Collected data entries:
+++

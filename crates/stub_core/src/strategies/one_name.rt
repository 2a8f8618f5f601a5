//! The addresses of one name, by a strategy.

ghost use Rattle.std.specs.Prelude.{◌≡◌, ◌≤◌, ◌^◌, Ok};
ghost use Rattle.stub_core.specs.Attempts.{WithHosts};
ghost use Rattle.stub_client.specs.Looks.{Answers};
ghost use Rattle.stub_core.specs.Strategies.{Both, Joins, LooksUpAddresses, Then, is_out_of_memory};
ghost use Rattle.stub_hosts.specs.Hosts.{question};

use crate::attempts::{ask_with_hosts, is_final};
use dns_messages::Query;
use dns_names::Name;
use dns_wire::RecordType;
use stub_client::{CachingClient, DnsHandle};
use stub_config::{DnsRequestOptions, LookupIpStrategy};
use stub_hosts::Hosts;
use stub_lookup::{Lookup, Moment, NetError};

/// Looks up the addresses of a name, of the types and in the order of a strategy.
pub(super) fn look_up_addresses<C: DnsHandle>(
    name: &Name,
    strategy: LookupIpStrategy,
    client: &mut CachingClient<C>,
    options: DnsRequestOptions,
    hosts: &Hosts,
    now: Moment,
) -> Result<Lookup, NetError>
    requires { now ≤ 2 ^ 62 }
    ensures { LooksUpAddresses strategy hosts.now now
        (λ old q reply new. Answers C.gives options now old q reply new)
        client.old name.now result client.new }
{
    let v4 = RecordType::A;
    let v6 = RecordType::AAAA;
    match strategy {
        LookupIpStrategy::Ipv4Only => one(name, v4, client, options, hosts, now),
        LookupIpStrategy::Ipv6Only => one(name, v6, client, options, hosts, now),
        LookupIpStrategy::Ipv4AndIpv6 => both(name, v4, v6, client, options, hosts, now),
        LookupIpStrategy::Ipv6AndIpv4 => both(name, v6, v4, client, options, hosts, now),
        LookupIpStrategy::Ipv6thenIpv4 => then(name, v6, v4, client, options, hosts, now),
        LookupIpStrategy::Ipv4thenIpv6 => then(name, v4, v6, client, options, hosts, now),
    }
}

/// Looks up the records of a type.
fn one<C: DnsHandle>(
    name: &Name,
    record_type: RecordType,
    client: &mut CachingClient<C>,
    options: DnsRequestOptions,
    hosts: &Hosts,
    now: Moment,
) -> Result<Lookup, NetError>
    requires { now ≤ 2 ^ 62 }
    ensures { WithHosts hosts.now now
        (λ old q reply new. Answers C.gives options now old q reply new)
        client.old (question name.now record_type) result client.new }
{
    let query = Query::query(name.clone()?, record_type);
    ask_with_hosts(query, options, client, hosts, now)
}

/// Looks up the records of two types, one after the other, and joins what was found.
fn both<C: DnsHandle>(
    name: &Name,
    first: RecordType,
    second: RecordType,
    client: &mut CachingClient<C>,
    options: DnsRequestOptions,
    hosts: &Hosts,
    now: Moment,
) -> Result<Lookup, NetError>
    requires { now ≤ 2 ^ 62 }
    ensures { Both (λ old kind reply new. WithHosts hosts.now now
        (λ old q reply new. Answers C.gives options now old q reply new)
        old (question name.now kind) reply new)
        first second client.old result client.new }
{
    let reply = one(name, first, client, options, hosts, now);
    if is_out_of_memory(&reply) {
        return reply;
    }
    let other = one(name, second, client, options, hosts, now);
    join(reply, other)
}

/// Looks up the records of the first type, and those of the second if there are none.
fn then<C: DnsHandle>(
    name: &Name,
    first: RecordType,
    second: RecordType,
    client: &mut CachingClient<C>,
    options: DnsRequestOptions,
    hosts: &Hosts,
    now: Moment,
) -> Result<Lookup, NetError>
    requires { now ≤ 2 ^ 62 }
    ensures { Then (λ old kind reply new. WithHosts hosts.now now
        (λ old q reply new. Answers C.gives options now old q reply new)
        old (question name.now kind) reply new)
        first second client.old result client.new }
{
    let found = one(name, first, client, options, hosts, now);
    if is_final(&found) {
        return found;
    }
    drop(found);
    one(name, second, client, options, hosts, now)
}

/// Returns `true` if memory ran out.
fn is_out_of_memory(reply: &Result<Lookup, NetError>) -> bool
    ensures { result ≡ is_out_of_memory reply.now }
{
    matches!(reply, Err(NetError::Memory))
}

/// Joins the replies for two types: the records of both, or of the one that was found, or the first error.
fn join(
    first: Result<Lookup, NetError>,
    second: Result<Lookup, NetError>,
) -> Result<Lookup, NetError>
    ensures { Joins first second result }
{
    if is_out_of_memory(&second) {
        drop(first);
        return second;
    }
    match second {
        Ok(lookup) => join_found(first, lookup),
        Err(other) => {
            drop(other);
            first
        }
    }
}

/// Appends a lookup to that of the reply for the first type, or returns it if the reply is an error.
fn join_found(first: Result<Lookup, NetError>, second: Lookup) -> Result<Lookup, NetError>
    ensures { Joins first (Ok second) result }
{
    match first {
        Ok(lookup) => Ok(lookup.append(second)?),
        Err(error) => {
            drop(error);
            Ok(second)
        }
    }
}
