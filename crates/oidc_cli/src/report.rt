//! The lines of a report.
ghost use Rattle.std.specs.Prelude.{◌≡◌, ℕ, List, [], ◌∷◌, ◌++◌, decimal, codes, Bool, false, IfOk, IfSome, IsErr, OnOk, Ok, Err};
ghost use Rattle.std.specs.Option.{option_copied};
ghost use Rattle.std.specs.String.{string_bytes};
ghost use Rattle.form_urlencoded.specs.Form.{serialize_pair};
ghost use Rattle.oidc_pairs.specs.Form.{escaped};
ghost use Rattle.oidc_oauth2.specs.Words.{error_text};
ghost use Rattle.oidc_oauth2.specs.TokenAnswers.{seen_refusal};
ghost use Rattle.oidc_members.specs.Write.{any_float};
ghost use Rattle.oidc_claims.specs.Others.{list_of};
ghost use Rattle.oidc_user_info.specs.InfoErrors.{seen_refusal as seen_info};
ghost use Rattle.oidc_login.specs.Errors.{seen_reply};
ghost use Rattle.oidc_cli.specs.Types as types;
ghost use Rattle.oidc_cli.specs.Report as spec;
ghost use Rattle.oidc_cli.specs.Report.{refresh_pair, user_info_pair, HasNoFloats, header_pair, body_pair, line_of, begin_line, request_line, signature_word as word_of_signature, claims_word as word_of_claims, verdict_line as line_of_verdict, fault_line as line_of_fault};
ghost use Rattle.oidc_cli.specs.Steps.{behind};

use crate::user::{User, UserClaims, UserInfo};
use http_header::HeaderValue;
use oidc_keys::SignatureVerificationError;
use oidc_login::{BeginError, LoginError, TooLong};
use oidc_members::{ParseKind, Refusal, write_object};
use oidc_oauth2::{
    CoreErrorResponseType, CoreRequestTokenError, Fault, HttpRequest, OtherCause,
    RequestTokenError, StandardErrorResponse,
};
use oidc_pairs::push_escaped;
use oidc_tokens::{ClaimsVerificationError, Payload};
use oidc_types::{CoreAuthErrorResponseType, RefreshToken, Vocabulary};
use oidc_user_info::{InfoOther, ResponseCause, UserInfoError};
use std::alloc::{AllocError, Global};
use url::Url;

// ---- form texts, pair by pair

// Adds the first pair of a form text.
fn push_first(text: &mut String, name: &str, value: &[u8]) -> Result<(), AllocError>
    ensures { OnOk result (string_bytes text.new
        ≡ string_bytes text.old ++ serialize_pair (name.now, value.now)) }
{
    push_escaped(text, name.as_bytes())?;
    text.push_str("=")?;
    push_escaped(text, value)?;
    Ok(())
}

// Adds a further pair of a form text.
fn push_behind(text: &mut String, name: &str, value: &[u8]) -> Result<(), AllocError>
    ensures { OnOk result (string_bytes text.new
        ≡ string_bytes text.old ++ behind ((name.now, value.now) ∷ [])) }
{
    text.push_str("&")?;
    push_first(text, name, value)?;
    Ok(())
}

// Adds the pair of a header, where it is there.
fn push_header(
    text: &mut String,
    name: &str,
    header: Option<&HeaderValue>,
) -> Result<(), AllocError>
    ensures { OnOk result (string_bytes text.new
        ≡ string_bytes text.old ++ behind (header_pair name.now (option_copied header.entry))) }
{
    match header {
        Some(value) => push_behind(text, name, value.as_bytes()),
        None => Ok(()),
    }
}

// Adds the pair of the body, where the method is POST.
fn push_body(text: &mut String, request: &HttpRequest) -> Result<(), AllocError>
    ensures { OnOk result (string_bytes text.new
        ≡ string_bytes text.old ++ behind (body_pair request.now)) }
{
    if request.method().as_str() == "POST" {
        push_behind(text, "body", request.body().as_slice())
    } else {
        Ok(())
    }
}

// ---- lines

// Adds words.
fn push_words(text: &mut String, words: &str) -> Result<(), AllocError>
    ensures { OnOk result (string_bytes text.new ≡ string_bytes text.old ++ words.now) }
{
    text.push_str(words)?;
    Ok(())
}

// Adds a line of two parts.
fn push_line(text: &mut String, words: &str, word: &str) -> Result<(), AllocError>
    ensures { OnOk result (string_bytes text.new
        ≡ string_bytes text.old ++ line_of (words.now ++ word.now)) }
{
    text.push_str(words)?;
    text.push_str(word)?;
    text.push_str("\n")?;
    Ok(())
}

/// Adds the line of what a begin answered. For want of memory there is none.
#[tactic(auto, unfolding(crate::specs::Report::begin_line))]
pub fn push_begin(text: &mut String, reply: &Result<Url, BeginError>) -> Result<(), AllocError>
    ensures line { OnOk result (string_bytes text.new
        ≡ string_bytes text.old ++ begin_line reply.now) }
    ensures memory { reply.now ≡ Err BeginError.Memory → IsErr result }
{
    match reply {
        Ok(url) => push_line(text, "begin ok ", url.as_str()),
        Err(BeginError::Flow) => text.push_str("begin refused flow\n"),
        Err(BeginError::ClientId) => text.push_str("begin refused client_id\n"),
        Err(BeginError::Verifier) => text.push_str("begin refused verifier\n"),
        Err(BeginError::UserInfoEndpoint) => text.push_str("begin refused user_info_endpoint\n"),
        Err(BeginError::Pending) => text.push_str("begin refused pending\n"),
        Err(BeginError::TooLong) => text.push_str("begin refused too_long\n"),
        Err(BeginError::Memory) => Err(AllocError),
    }
}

+++

:: Exercise goal ::
Pull every line containing the string "there" out of the data above and copy it.

:: Exercise response ::
/// Looks up the records of the first type, and those of the second if there are none.
// Adds the pair of a header, where it is there.
/// Adds the line of what a begin answered. For want of memory there is none.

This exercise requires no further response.